If you look up a protein, say IL8, on uniprot, you find you can download the gff file for that protein.
I would like to display the protein features therein on a track, so one can compare canonical sequence and protein information together with sample specific seen isoforms:
library(TxDb.Hsapiens.UCSC.hg19.knownGene) library(ggbio) txdb <- TxDb.Hsapiens.UCSC.hg19.knownGene p1.IL8 <- ggplot(txdb) + geom_alignment(which = genesymbol["IL8"],gap.arrow="FALSE",gap.geom = "chevron") param = ScanBamParam(tag="XS",which=genesymbol["IL8"],what=c("seq")) ga <- readGAlignmentsFromBam(bamfile,use.names=T,param=param) reads <- grglist(ga) metadata(reads)$param <- param IL8.isoform.1 <- reads[c(1)] p1 <- autoplot(IL8.isoform.1,fill = "brown",color="brown") tracks( IL8 = p1.IL8, "Iso 1" = p1)

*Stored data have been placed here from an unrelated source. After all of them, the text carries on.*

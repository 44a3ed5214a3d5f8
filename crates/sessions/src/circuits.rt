// The circuits of the input, each under its name.

use anyhow::Context;
use memory::copy::open_copy;
use std::alloc::Global;
use words::Words;

#[derive(Drop)]
struct Named<'a> {
    name: &'a str,
    bytes: Vec<u8>,
}

#[derive(Drop)]
pub struct Circuits<'a> {
    named: Vec<Named<'a>>,
}

// A word of the input, and how much of what it stands for is lent: `NAME:24`, or all of it without a number.
pub fn cut(word: &str) -> anyhow::Result<(&str, usize)> {
    match word.split_once(':') {
        Some((front, count)) => {
            let count = count.parse().context(format_args!("reading {word:?}"))?;
            Ok((front, count))
        }
        None => Ok((word, usize::MAX)),
    }
}

impl<'a> Circuits<'a> {
    // Reads the lines `circuit NAME HEX` and `copy NAME OF`; the others are for others.
    pub fn read(heap: Global, input: &'a str) -> anyhow::Result<Circuits<'a>> {
        let mut circuits = Circuits {
            named: Vec::new(heap),
        };
        for line in input.lines() {
            circuits
                .read_line(heap, line)
                .context(format_args!("in {line:?}"))?;
        }
        Ok(circuits)
    }

    fn read_line(&mut self, heap: Global, line: &'a str) -> anyhow::Result<()> {
        let mut words = Words::new(line);
        let kind = words.word();
        if kind != "circuit" && kind != "copy" {
            return Ok(());
        }
        let name = words.word();
        let bytes = if kind == "circuit" {
            hex::decode(heap, words.word())?
        } else {
            self.copy(heap, words.word())?
        };
        words.end()?;
        self.named.push(Named { name, bytes })?;
        Ok(())
    }

    // The open copy of a circuit.
    fn copy(&self, heap: Global, name: &str) -> anyhow::Result<Vec<u8>> {
        let circuit = self.find(name)?;
        let mut copy = vec![in heap; 7; circuit.len()]?;
        open_copy(circuit, copy.as_mut_slice())?;
        Ok(copy)
    }

    fn find(&self, name: &str) -> anyhow::Result<&[u8]> {
        let named = self.named.iter().find(|named| named.name == name);
        let named = named.context(format_args!("no circuit {name:?}"))?;
        Ok(named.bytes.as_slice())
    }

    // The circuit of a call: its bytes, or the first so many of them.
    pub fn front(&self, word: &str) -> anyhow::Result<&[u8]> {
        let (name, count) = cut(word)?;
        let circuit = self.find(name)?;
        Ok(&circuit[..count.min(circuit.len())])
    }
}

The above code produces an image of narrow rectangles for the UTR regions, larger rectangles for the CDS and chevron for the intronic regions. Uniprot provides the relative positions for the protein features along the sequence in gff file. Theoretically, one should be able to read it and display these features.
I want to do this at least for the canonical protein, but ideally I would also like to show the differences with sample specific isoforms. Does anyone know the standard way to do this?